# J.K Rowling



## AnthonyJones (Mar 6, 2011)

I just love J.K Rowling. She is my hero and I hope that I will have the chance to meet her one day. I hear she's writing on something and I just can't wait for it to come out.


----------



## TheFuhrer02 (Mar 9, 2011)

That was like a year ago, that rumor. I heard she was writing on some detective, whodunit-style novel.


----------



## Tom88 (Mar 11, 2011)

I hear she writes on paper.


----------



## bysharonnelson (Mar 11, 2011)

LOL I thought she had simply taken her millions and retired to a castle in the alps. Well I did love Harry Potter (im a dork I know) and my son loved it too so I hope she has something new and that it doesn't suck.


----------



## Tom88 (Mar 11, 2011)

I'm so-so on Harry Potter, though I do respect her success and feel that it is well deserved. I guess it would be kinda interesting to see her try her hand with a new idea, franchise or not. I think she's a good writer, with an engaging, accessible style, so yes, I dearly hope she does bring us something new somewhere down the line.


----------



## elfwriter (Mar 10, 2012)

She does have a way to work with your minds.
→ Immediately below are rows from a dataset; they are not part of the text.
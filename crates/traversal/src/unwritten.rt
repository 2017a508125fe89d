// Why a text is not written.
#[derive(Clone, Copy, PartialEq, Eq, Debug)]
pub enum Unwritten {
    // no term of at most 16,384 symbols stands at the place
    NoTerm,
    // the buffer is shorter than the text
    TooShort,
}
She is a great author.


----------



## Dave Karnes (Apr 3, 2012)

She's a great storyteller. It's hard to put one of her books down once you start reading it.


----------



## manda m (Apr 5, 2012)

She has a way to take a simple story line and make it utterly interesting and amazing.......


----------



## Skodt (Apr 22, 2012)

Her new book is selling for 20$ as a Kindle ebook. I feel disapointed in it already with a price tag like that. Yet it is JK and she did a marvelous job with Harry Potter. Yet we have no way of knowing if that sucess will follow her into mystery writting. Also she is diving into Adult Novel work, that in itself is a different audience she is trying to pull. I am not sure I am interested much in her new work. That synosis was a little boring for my taste. Also usually I don't find myself in mystery novels, well minus Sherlock Holmes but he is a deviance from my normal.


----------